La cyberunité de la police israélienne s’occupe des cas les plus complexes dans ce domaine. “Les gens devraient nous considérer comme le FBI israélien“, explique un officier supérieur de police. Reportage exclusif dans le cadre de la conférence Cybertech Global à Tel Aviv
L’unité nationale de cybercriminalité de la police israélienne opère sous l’appellation de l’unité Lahav-433 et gère les cas de cybercriminalité les plus complexes du pays. Le chef de l’unité est le surintendant principal Avi Maiberg, un enquêteur chevronné de Lahav-433.
“Pour comprendre le caractère unique de l’unité Lahav-433, il faut nous considérer comme le FBI israélien“, déclarent Yaniv Azani, chef de la technologie et chef adjoint de l’unité, et Shira Bella, officier technologique de l’unité. L’unité opère à partir de sa base à Lod, dans le bâtiment abritant le Lahav-433, et est accessible par un long couloir de bureaux d’enquête se divisant en plusieurs salles d’interrogatoire. Une porte au bout du couloir mène au QG de l’unité.
L’immeuble de Lahav-433 ressemble à un immeuble de bureaux moyen accueillant des entreprises de haute technologie : des bureaux s’étendant sur un couloir principal, une salle de conférence moderne et des écrans d’ordinateur sur chaque bureau. L’unité est divisée en trois principaux domaines d’activité : enquêtes, renseignement et technologie. Il dispose d’un conseiller juridique dédié spécialisé dans la technologie. En plus de la cyberunité, une unité sœur, désignée Unité 105, a été créée pour prévenir la violence contre les mineurs sur Internet. Toutes les enquêtes sont confiées à l’unité conformément à l’approbation du chef du Lahav-433, et les trois domaines d’activité traitent chaque cas en coopération. L’unité est relativement petite et intime, et tout le monde est impliqué dans tout. «Nous canalisons nos ressources en fonction des besoins opérationnels», explique Azani.
L’un des cas que la cyberunité a récemment résolu, grâce à un effort de coopération avec toutes les autres sous-unités de Lahav-433, impliquait l’organisation criminelle “420” – les opérateurs du réseau ” Telegrass “.

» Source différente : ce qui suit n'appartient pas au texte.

//! Command lines of `relay pass`, and what they ask for.
use clap::Error;
use relay_command::{Asked, read_words};
use std::alloc::Global;
use std::process::Abort;
use std::test::Fail;
use transport_header::{ChannelPair, TrackChannels};

/// Channels as pairs of numbers, for each track from the first on.
type Pairs = &'static [(u8, u8)];

/// Lines, with how many packets the ring keeps, and the channels on which tracks come in and go out.
const LINES: [(&str, usize, Pairs, Pairs); 7] = [
    ("relay pass", 512, &[(0, 1)], &[(0, 1)]),
    ("relay pass --keep 4095", 4095, &[(0, 1)], &[(0, 1)]),
    ("relay pass --keep 1 --to 2-3", 1, &[(0, 1)], &[(2, 3)]),
    (
        "relay pass --channels 0-1,2-3",
        512,
        &[(0, 1), (2, 3)],
        &[(0, 1), (2, 3)],
    ),
    (
        "relay pass --channels=255-0,007-9 --to=9-7",
        512,
        &[(255, 0), (7, 9)],
        &[(9, 7)],
    ),
    (
        "relay pass --to 0-1,2-3,4-5,6-7,8-9,10-11,12-13,14-15,16-17,18-19,20-21,22-23,24-25,26-27,28-29,30-31",
        512,
        &[(0, 1)],
        &[
            (0, 1),
            (2, 3),
            (4, 5),
            (6, 7),
            (8, 9),
            (10, 11),
            (12, 13),
            (14, 15),
            (16, 17),
            (18, 19),
            (20, 21),
            (22, 23),
            (24, 25),
            (26, 27),
            (28, 29),
            (30, 31),
        ],
    ),
    ("relay pass --channels 2-1", 512, &[(2, 1)], &[(2, 1)]),
];

/// Returns whether the first tracks have these channels, and the others none.
fn have(channels: &TrackChannels, pairs: Pairs) -> bool {
    (0..16usize).all(|track| {
        let wanted = match pairs.get(track) {
            Some((first, second)) => Some(ChannelPair {
                first: *first,
                second: *second,
            }),
            None => None,
        };
        channels.pair_of(track) == wanted
    })
}

/// Returns what a line asks for, or its error.
fn asked(alloc: Global, line: &str) -> Result<Result<Asked, Error>, Fail> {
    let words: Vec<&str> = line.split(' ').collect(alloc)?;
    Ok(read_words(alloc, words.as_slice()))
}

/// Returns whether this is asked for.
fn is_pass(asked: &Asked, keep: usize, from: Pairs, to: Pairs) -> bool {
    match asked {
        Asked::Pass(passing) => {
            passing.keep == keep && have(&passing.from, from) && have(&passing.to, to)
        }
        _ => false,
    }
}

/// Returns whether a line asks for this.
fn asks_for(alloc: Global, line: &str, keep: usize, from: Pairs, to: Pairs) -> Result<bool, Fail> {
    match asked(alloc, line)? {
        Ok(asked) => Ok(is_pass(&asked, keep, from, to)),
        Err(_error) => Ok(false),
    }
}

#[test]
fn a_line_of_pass_names_its_channels(rt: HostRuntime) -> Result<(), Fail> {
    for (line, keep, from, to) in &LINES {
        assert!(rt; asks_for(rt.alloc(), line, *keep, from, to)?, "{line}");
    }
    Ok(())
}

/// Lines that are refused: texts that are no pairs, a channel that is given twice, more than sixteen pairs, and numbers out of
/// their range.
const REFUSED: [&str; 16] = [
    "relay pass --channels 0",
    "relay pass --channels 0-",
    "relay pass --channels -1",
    "relay pass --channels 0-256",
    "relay pass --channels 0-0",
    "relay pass --channels 0-1,",
    "relay pass --channels ,0-1",
    "relay pass --channels 0-1-2",
    "relay pass --channels 0-1,1-2",
    "relay pass --channels a-b",
    "relay pass --channels=",
    "relay pass --to 0-0",
    "relay pass --to 0-1,2-3,4-5,6-7,8-9,10-11,12-13,14-15,16-17,18-19,20-21,22-23,24-25,26-27,28-29,30-31,32-33",
    "relay pass --keep 0",
    "relay pass --keep 4096",
    "relay pass --word 0000abcd",
];

#[test]
fn a_line_without_channels_is_refused(rt: HostRuntime) -> Result<(), Fail> {
    for line in &REFUSED {
        let is_refused = asked(rt.alloc(), line)?.is_err();
        assert!(rt; is_refused, "{line}");
    }
    Ok(())
}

Cette organisation criminelle a utilisé l’application de messagerie Telegram et des infrastructures technologiques de pointe pour vendre des stupéfiants en Israël et dans le monde. Les autres opérations de l’unité qui ont été annoncées comprennent la capture, il y a deux ans, du hacker d’Ashkelon et le piratage de la carte Leumi. “Évidemment, nous ne pouvons pas révéler toutes nos méthodes de fonctionnement, mais nos capacités en matière de technologie, de renseignement et d’enquête, sont intégrées et couvrent tous les domaines cibles pertinents – le dark web, les réseaux sociaux, les applications de messagerie instantanée, les forums Internet et toute autre plate-forme utilisée par les criminels “, explique Azani.

Le déroulement d’une enquête

Comment la police mène-t-elle une cyberenquête? Eh bien, la source de la plainte peut être tout civil se présentant à un poste de police et se plaignant d’une activité criminelle présumée dans le cyberespace ou «le domaine en ligne», comme l’appelle le jargon officiel de la police israélienne. De telles activités peuvent inclure un piratage dans un téléphone mobile, une surveillance suspectée, une attaque de rançonware, un vol d’argent (par exemple, une compromission du courrier électronique commercial / une attaque BEC), l’extorsion, la fraude, et ainsi de suite. Les plaintes peuvent également provenir de sources étrangères.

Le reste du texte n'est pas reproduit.